LOL I understand I am a mommy to. I would only meet in a group of people I did post about the Christmas Parade and so far have got two people that are interested and another told me about Blue Ridge Cowboy Church and from looking at thier site maybe a good church that has trail rides and such as a group they even meet at our agraculter center for church.

ETA you have a horse named Ginger and my Ginger is my avitar pic. LOL


----------



## Oreos Girl (May 24, 2011)

I am high jacking a thread because I don't have enough posts to PM. DrumRunner, I am also from middle Georgia. I love to trail ride and I am always looking for new places to go. I just got back from Circle E in Tennessee this weekend. If you are interested in riding sometime, PM me your email addy.


----------



## musicalmarie1 (Dec 8, 2010)

Oreos Girl said:


> I am high jacking a thread because I don't have enough posts to PM. DrumRunner, I am also from middle Georgia. I love to trail ride and I am always looking for new places to go. I just got back from Circle E in Tennessee this weekend. If you are interested in riding sometime, PM me your email addy.

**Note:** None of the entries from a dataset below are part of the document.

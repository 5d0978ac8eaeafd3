//! `compile`: objects in files, where only objects and empty files give way to them.

ghost use Rattle.std.specs.Prelude.{◌≡◌, OnOk, IfErr, IsErrOf};
ghost use Rattle.std.specs.Option.{option_copied};
ghost use Rattle.ioa_object.specs.Spelling.{mark};
ghost use Rattle.ioa_device.specs.Devices.{PassesUnless, change};
ghost use Rattle.ioa_device.specs.declared.failure.LogErr.{LogErr};
ghost use Rattle.ioa_serving.specs.Compiling.{IsMade, IsUnmade};
ghost use Rattle.ioa_serving.specs.Worlds.{files};
ghost use Rattle.ioa_serving.specs.Placing.{Blocks, Places};
ghost use Rattle.ioa_serving.specs.declared.store.StoreErr.{StoreErr};

use crate::compile::object_of;
use crate::failure::Failure;
use crate::placing::put_in_place;
use crate::store::{Store, StoreErr};
use ioa_device::{OutputDevice, send_all};
use std::alloc::Global;

/// The bytes with which an object begins.
pub const OBJECT_MARK: [u8; 4] = [0x7F, 0x49, 0x4F, 0x41];

/// Puts the object of a composition of a source in the file `out`, and writes `ok` on a line.
///
/// # Errors
/// `Io` where the source's file is not read, or the object is not put in its own, as where a file stands there that is no object; `Refused` where the source or its composition is;
/// `SourceWanted` where the file is an object itself; or want of memory. No file was changed then, and nothing written. `List` where the
/// device failed: the object stands in its file then, and no more than a beginning of the line was written.
pub fn compile_file<F: Store, W: OutputDevice>(
    alloc: Global,
    file: &str,
    out: &str,
    composition: Option<&str>,
    store: &mut F,
    output: &mut W,
) -> Result<(), Failure>
    ensures makes { OnOk result (IsMade (files F.holds F.lacks F.begins F.bars F.saves store.old store.new) file.now out.now (option_copied composition.entry) (change W.contents W.failure_count output.old output.new)) }
    ensures refused { IfErr result (λ e. IsUnmade (files F.holds F.lacks F.begins F.bars F.saves store.old store.new) file.now out.now (option_copied composition.entry)
        (change W.contents W.failure_count output.old output.new) e) }
    ensures devices { PassesUnless (IsErrOf result (Failure.List LogErr.Io)) (change W.contents W.failure_count output.old output.new) }
{
    let text = store.load(alloc, file)?;
    let object = object_of(alloc, text.as_slice(), composition)?;
    place(alloc, out, object.as_slice(), store)?;
    send_all(output, b"ok\n")?;
    Ok(())
}

/// Puts an object in the file `out`, where what stands there gives way to it.
///
/// # Errors
/// `Io` where a file stands there that is no object, or the store does not write it; or want of memory. No file was changed then.
fn place<F: Store>(alloc: Global, out: &str, object: &[u8], store: &mut F) -> Result<(), StoreErr>
    ensures ok { OnOk result (Places mark (F.begins store.old) (F.saves store.old store.new) out.now object.now) }
    ensures io { IsErrOf result StoreErr.Io → Blocks mark (F.begins store.old) (F.bars store.old) out.now }
    ensures kept { IfErr result (λ _. store.new ≡ store.old) }
{
    put_in_place(alloc, out, &OBJECT_MARK, object, store)
}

I don't mind  I do it all the time.


----------



## Brighteyes (Mar 8, 2009)

You were in my stall. :shock: Ha ha, I was at HoD last year and I had that VERY stall! 


(I'm also in central Georgia, ten minutes from Silver Spur!)


----------



## musicalmarie1 (Dec 8, 2010)

Brighteyes said:


> You were in my stall. :shock: Ha ha, I was at HoD last year and I had that VERY stall!
> 
> 
> (I'm also in central Georgia, ten minutes from Silver Spur!)


HA! Since we were the only ones there, the owner said to just pick whatever stalls we wanted-- then, he let us turn the horses out into the paddocks for the rest of the day, so long as we cleaned up after ourselves. They were such nice people. Though lesson learned about the cabins. I told my mom I wanted the one with its own bathroom because when she made the reservation I was peeing four or five times a night (being preggers and all), and I didn't trust strange, public facilities. But everything was so nice!! I'd totally stay in the regular cabins next time.


----------



## Brighteyes (Mar 8, 2009)

You mean the big cabin close to the largest barn? That thing's niiiccceee... I have it reserved for the end of this month when I go back. XD


The owner is great! One of his horse got out (you know, the mules/donks/horses by the big fish pond) and I ponied it back to him. He gave me a map and helped me pick out a route for a nice one hour afternoon trail. Sweet guy. 


And great trails. My favorite trails in the whole southeast.


----------



## Oreos Girl (May 24, 2011)

Brighteyes, I am further North near Macon. I have been down to Silver Spurs once. It was a cool place.


----------